■ WHAT NEEDS TO BE DONE:
The output should be every line below that includes the word "None".

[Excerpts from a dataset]
######
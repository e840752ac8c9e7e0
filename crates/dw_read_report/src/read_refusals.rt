//! Refusals as they are read, and the objects that violations name.
ghost use Rattle.std.specs.Prelude.{◌≡◌, Some, None, MatchOption};
ghost use Rattle.dw_read_report.specs.Reading.{Gives};
ghost use Rattle.dw_read_report.specs.EventReading.{closed_text_at, object_at, rarer_reason_at, reason_at, refusal_after, refusal_at};
ghost use Rattle.dw_read_report.specs.EventReading.{without_parenthesis};

use crate::faults::LineFault;
use crate::read_fields::{read_field, read_sessions, read_text, text_of};
use crate::read_parts::{after_label, read_label, read_long, read_short};
use dw_model::{Object, Refusal};
use dw_value::Text;
use std::alloc::Global;

/// Why a statement is refused, as its number and the first word of its text say it.
#[derive(Clone, Copy, Debug)]
pub enum Reason {
    /// `1 syntax`, before a place.
    Syntax,
    /// `2 unknown`, before a name.
    Unknown,
    /// `3 exists`, before a name.
    Exists,
    /// `4 clash`.
    Clash,
    /// `5 range`.
    Range,
    /// `7 null`, before a column's name.
    NullIn,
    /// `10 deadlock`, before the sessions of a cycle.
    Deadlock,
    /// `11 aborted`.
    Aborted,
    /// `12 block`.
    InBlock,
    /// `13 vacuum`, before a session.
    Vacuuming,
    /// `14 limit rows`, before a number of rows.
    Limit,
    /// `16 memory`.
    Memory,
}

/// A refusal's number and the first word of its text.
#[tactic(auto, unfolding(crate::specs::EventReading::reason_at))]
fn read_reason(bytes: &[u8]) -> Result<(Reason, &[u8]), LineFault>
    ensures { Gives (λ x. (x.0, x.1.now)) result (reason_at bytes.now) }
{
    if let Some(rest) = after_label(bytes, "1 syntax ") {
        return Ok((Reason::Syntax, rest));
    }
    if let Some(rest) = after_label(bytes, "2 unknown ") {
        return Ok((Reason::Unknown, rest));
    }
    if let Some(rest) = after_label(bytes, "3 exists ") {
        return Ok((Reason::Exists, rest));
    }
    if let Some(rest) = after_label(bytes, "4 clash") {
        return Ok((Reason::Clash, rest));
    }
    if let Some(rest) = after_label(bytes, "5 range") {
        return Ok((Reason::Range, rest));
    }
    if let Some(rest) = after_label(bytes, "7 null ") {
        return Ok((Reason::NullIn, rest));
    }
    if let Some(rest) = after_label(bytes, "10 deadlock") {
        return Ok((Reason::Deadlock, rest));
    }
    read_rarer_reason(bytes)
}

/// The numbers from 11 on.
#[tactic(auto, unfolding(crate::specs::EventReading::rarer_reason_at))]
fn read_rarer_reason(bytes: &[u8]) -> Result<(Reason, &[u8]), LineFault>
    ensures { Gives (λ x. (x.0, x.1.now)) result (rarer_reason_at bytes.now) }
{
    if let Some(rest) = after_label(bytes, "11 aborted") {
        return Ok((Reason::Aborted, rest));
    }
    if let Some(rest) = after_label(bytes, "12 block") {
        return Ok((Reason::InBlock, rest));
    }
    if let Some(rest) = after_label(bytes, "13 vacuum ") {
        return Ok((Reason::Vacuuming, rest));
    }
    if let Some(rest) = after_label(bytes, "14 limit rows ") {
        return Ok((Reason::Limit, rest));
    }
    let rest = read_label(bytes, "16 memory")?;
    Ok((Reason::Memory, rest))
}

/// The rest of a refusal.
fn read_refusal_after(
    alloc: Global,
    reason: Reason,
    bytes: &[u8],
) -> Result<(Refusal, &[u8]), LineFault>
    ensures { Gives (λ x. (x.0, x.1.now)) result (refusal_after reason bytes.now) }
{
    match reason {
        Reason::Syntax => {
            let (place, rest) = read_long(bytes)?;
            Ok((Refusal::Syntax { place }, rest))
        }
        Reason::Unknown => {
            let (name, rest) = read_text(alloc, bytes)?;
            Ok((Refusal::Unknown { name }, rest))
        }
        Reason::Exists => {
            let (name, rest) = read_text(alloc, bytes)?;
            Ok((Refusal::Exists { name }, rest))
        }
        Reason::Clash => Ok((Refusal::Clash, bytes)),
        Reason::Range => Ok((Refusal::Range, bytes)),
        Reason::NullIn => {
            let (column, rest) = read_text(alloc, bytes)?;
            Ok((Refusal::NullIn { column }, rest))
        }
        Reason::Deadlock => {
            let (cycle, rest) = read_sessions(alloc, bytes)?;
            Ok((Refusal::Deadlock { cycle }, rest))
        }
        Reason::Aborted => Ok((Refusal::Aborted, bytes)),
        Reason::InBlock => Ok((Refusal::InBlock, bytes)),
        Reason::Vacuuming => {
            let (session, rest) = read_short(bytes)?;
            Ok((Refusal::Vacuuming { session }, rest))
        }
        Reason::Limit => {
            let (count, rest) = read_long(bytes)?;
            Ok((Refusal::Limit { count }, rest))
        }
        Reason::Memory => Ok((Refusal::Memory, bytes)),
    }
}

/// A refusal: its number and its text.
#[tactic(auto, unfolding(crate::specs::EventReading::refusal_at))]
pub fn read_refusal(alloc: Global, bytes: &[u8]) -> Result<(Refusal, &[u8]), LineFault>
    ensures { Gives (λ x. (x.0, x.1.now)) result (refusal_at bytes.now) }
{
    let (reason, rest) = read_reason(bytes)?;
    read_refusal_after(alloc, reason, rest)
}

/// A text without the parenthesis at its end.
fn without_parenthesis(text: Vec<u8>) -> Option<Vec<u8>>
    ensures { MatchOption result (without_parenthesis text.items ≡ None) (λ rest. without_parenthesis text.items ≡ Some rest.items) }
{
    let mut rest = text;
    let Some(last) = rest.pop() else {
        return None;
    };
    if last != b')' {
        return None;
    }
    Some(rest)
}

/// A text up to a parenthesis at the end of the field.
#[tactic(auto, unfolding(crate::specs::EventReading::closed_text_at))]
fn read_closed_text(alloc: Global, bytes: &[u8]) -> Result<(Text, &[u8]), LineFault>
    ensures { Gives (λ x. (x.0, x.1.now)) result (closed_text_at bytes.now) }
{
    let (field, rest) = read_field(alloc, bytes)?;
    let Some(text) = without_parenthesis(field) else {
        return Err(LineFault::Bad);
    };
    match text_of(text) {
        Some(text) => Ok((text, rest)),
        None => Err(LineFault::Bad),
    }
}

/// An object: the rows of a table, or its definition.
#[tactic(auto, unfolding(crate::specs::EventReading::object_at))]
pub fn read_object(alloc: Global, bytes: &[u8]) -> Result<(Object, &[u8]), LineFault>
    ensures { Gives (λ x. (x.0, x.1.now)) result (object_at bytes.now) }
{
    if let Some(rest) = after_label(bytes, "rows(") {
        let (name, rest) = read_closed_text(alloc, rest)?;
        return Ok((Object::Rows(name), rest));
    }
    let rest = read_label(bytes, "def(")?;
    let (name, rest) = read_closed_text(alloc, rest)?;
    Ok((Object::Def(name), rest))
}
######
■ REPLY TO THE EXERCISE:
ghost use Rattle.std.specs.Prelude.{◌≡◌, Some, None, MatchOption};
    ensures { MatchOption result (without_parenthesis text.items ≡ None) (λ rest. without_parenthesis text.items ≡ Some rest.items) }
        return None;
        return None;
        None => Err(LineFault::Bad),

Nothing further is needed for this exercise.